**WHAT THE TASK ASKS:**
Return a copy of every line in the records that includes the word "work".

━━━ MATERIAL SUPPLIED

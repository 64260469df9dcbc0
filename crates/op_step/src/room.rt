//! Memory that operations use in turn.
ghost use Rattle.std.specs.Prelude.{◌≡◌, [], ◌∷◌, IfOk};

use std::alloc::{AllocError, Global};
use std::collections::VecDeque;
use std::mem::replace;
use trace_types::slots::{Change, Item};

/// Lists that are emptied and used again: those of a plan, and the work list of what it sets off. A replay has one of each, so that
/// an operation takes memory for them only where none before it had as much.
#[derive(Drop)]
pub struct Room {
    alloc: Global,
    changes: Vec<Change>,
    pending: Vec<Item>,
    work: VecDeque<Item>,
}

impl Room {
    /// Takes no memory.
    pub fn new(alloc: Global) -> Room {
        Room {
            alloc,
            changes: Vec::new(alloc),
            pending: Vec::new(alloc),
            work: VecDeque::new(alloc),
        }
    }

    /// The allocator, for what is kept.
    pub fn alloc(&self) -> Global {
        self.alloc
    }

    /// A list of no changes.
    pub fn changes(&mut self) -> Vec<Change>
        ensures { result.items ≡ [] }
    {
        let mut changes = replace(&mut self.changes, Vec::new(self.alloc));
        changes.clear();
        changes
    }

    /// A list of this change.
    pub fn change(&mut self, change: Change) -> Result<Vec<Change>, AllocError>
        ensures { IfOk result (λ v. v.items ≡ change ∷ []) }
    {
        let mut changes = self.changes();
        changes.push(change)?;
        Ok(changes)
    }

    /// A list of both changes.
    pub fn both(&mut self, first: Change, second: Change) -> Result<Vec<Change>, AllocError>
        ensures { IfOk result (λ v. v.items ≡ first ∷ second ∷ []) }
    {
        let mut changes = self.changes();
        changes.push(first)?;
        changes.push(second)?;
        Ok(changes)
    }

    /// A list in which nothing is pending.
    pub fn nothing(&mut self) -> Vec<Item>
        ensures { result.items ≡ [] }
    {
        let mut pending = replace(&mut self.pending, Vec::new(self.alloc));
        pending.clear();
        pending
    }

    /// A list in which this item is pending.
    pub fn item(&mut self, item: Item) -> Result<Vec<Item>, AllocError>
        ensures { IfOk result (λ v. v.items ≡ item ∷ []) }
    {
        let mut pending = self.nothing();
        pending.push(item)?;
        Ok(pending)
    }

    /// The work list, with whatever the last operation left.
    pub fn work(&mut self) -> &mut VecDeque<Item> {
        &mut self.work
    }

    /// Takes the lists of a plan back, where their own places are empty.
    #[inline(always)]
    pub fn give_back(&mut self, changes: Vec<Change>, pending: Vec<Item>) {
        if self.changes.capacity() == 0 {
            self.changes = changes;
        }
        if self.pending.capacity() == 0 {
            self.pending = pending;
        }
    }
}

━━━━━━

**REPLY:**
/// Lists that are emptied and used again: those of a plan, and the work list of what it sets off. A replay has one of each, so that
    work: VecDeque<Item>,
            work: VecDeque::new(alloc),
    /// The work list, with whatever the last operation left.
    pub fn work(&mut self) -> &mut VecDeque<Item> {
        &mut self.work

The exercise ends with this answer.